# [DESCRIPTION OF THE TASK]
Every line below that contains "crate" is to be copied.

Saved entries
☆ ☆ ☆ ☆ ☆
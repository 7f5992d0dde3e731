// Output.
use crate::fields::{self, from_field};

// The descriptor of standard output.
const STDOUT_FILENO: i32 = 1;

// A text as it stands.
pub fn say(text: &[u8]) {
    io::write_all(STDOUT_FILENO, text);
}

// Field k of a line.
pub fn field(line: &[u8], k: usize) {
    say(fields::field(line, k));
}

// The answer that a digit names.
fn answer(got: &[u64], digit: u8) {
    let i = digit.checked_sub(b'0');
    if let Some(value) = i.and_then(|i| got.get(i as usize)) {
        io::print_decimal(STDOUT_FILENO, *value);
    }
}

// A byte of a template that is not a digit after `#`.
fn plain(line: &[u8], shown: usize, c: u8) {
    match c {
        b'#' => {}
        b'@' => field(line, shown),
        b'~' => say(b"\n"),
        _ => say(&[c]),
    }
}

// What stands from field k on, with the line's end: `#` and a digit stand for that answer, `@` for the field shown, and
// `~` for an LF.
pub fn told(line: &[u8], k: usize, shown: usize, got: &[u64]) {
    let mut named = false;
    for c in from_field(line, k) {
        if named {
            answer(got, *c);
        } else {
            plain(line, shown, *c);
        }
        named = *c == b'#';
    }
}

// Numbers, each with a text before it and one after it.
pub fn list(before: &[u8], values: &[u32], after: &[u8]) {
    for value in values {
        say(before);
        io::print_decimal(STDOUT_FILENO, *value as u64);
        say(after);
    }
}
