// The fields of a line: words, numbers with a space or an LF between them, and texts, in which `/` stands for CRLF, `^`
// for a CR and `~` for an LF.
ghost use Rattle.std.specs.Prelude.{◌≤◌, length};
ghost use Rattle.io.specs.Counts.{IsPrefixLen};

// The first letter of a line.
pub fn letter(line: &[u8]) -> u8 {
    line.first().copied().unwrap_or(0)
}

// Field k of a line and what follows it.
pub(crate) fn from_field(line: &[u8], k: usize) -> &[u8] {
    line.splitn(k.saturating_add(1), |c| *c == b'|')
        .nth(k)
        .unwrap_or(&[])
}

// Field k of a line.
pub(crate) fn field(line: &[u8], k: usize) -> &[u8] {
    from_field(line, k)
        .split(|c| *c == b'|' || *c == b'\n')
        .next()
        .unwrap_or(&[])
}

// A value with one digit more; past 18 digits it stays.
fn grown(value: u64, digit: u8) -> u64 {
    if value < 1000000000000000000 {
        value * 10 + digit as u64
    } else {
        value
    }
}

// The number that a text begins with, as one of 32 bits.
fn value_of(t: &[u8]) -> u32 {
    let mut value: u64 = 0;
    for c in t {
        if !c.is_ascii_digit() {
            break;
        }
        value = grown(value, c.wrapping_sub(b'0'));
    }
    (value % 4294967296) as u32
}

// The number of field k, as one of 32 bits.
pub fn number(line: &[u8], k: usize) -> u32 {
    value_of(field(line, k))
}

// A number as one of 64 bits, for an answer to be told.
pub fn wide(value: u32) -> u64 {
    value as u64
}

// The number of field k, as a count or an index.
pub fn place(line: &[u8], k: usize) -> usize {
    number(line, k) as usize
}

// Puts the numbers of field k at the front of `out`, as far as it goes, and answers how many there are.
pub fn numbers(line: &[u8], k: usize, out: &mut [u32]) -> usize
    ensures { IsPrefixLen result out.new }
{
    let mut n = 0;
    for digits in field(line, k).split(|c| !c.is_ascii_digit()) {
        if digits.is_empty() || n == out.len() {
            return n;
        }
        out[n] = value_of(digits);
        n += 1;
    }
    n
}

// One byte, where there is room.
fn put(out: &mut [u8], n: usize, c: u8) -> usize
    requires { n ≤ length out.old }
    ensures { result ≤ length out.old }
{
    if n < out.len() {
        out[n] = c;
        n + 1
    } else {
        n
    }
}

// What a byte of a text stands for.
fn put_coded(out: &mut [u8], n: usize, c: u8) -> usize
    requires { n ≤ length out.old }
    ensures { result ≤ length out.old }
{
    match c {
        b'/' => {
            let m = put(out, n, b'\r');
            put(out, m, b'\n')
        }
        b'^' => put(out, n, b'\r'),
        b'~' => put(out, n, b'\n'),
        _ => put(out, n, c),
    }
}

// Puts the text of field k at the front of `out`, as far as it goes, and answers how many bytes it has.
pub fn text(line: &[u8], k: usize, out: &mut [u8]) -> usize
    ensures { IsPrefixLen result out.new }
{
    let mut n = 0;
    for c in field(line, k) {
        n = put_coded(out, n, *c);
    }
    n
}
☆ ☆ ☆ ☆ ☆
# [SOLUTION TO THIS EXERCISE]
use crate::fields::{self, from_field};
pub(crate) fn from_field(line: &[u8], k: usize) -> &[u8] {
pub(crate) fn field(line: &[u8], k: usize) -> &[u8] {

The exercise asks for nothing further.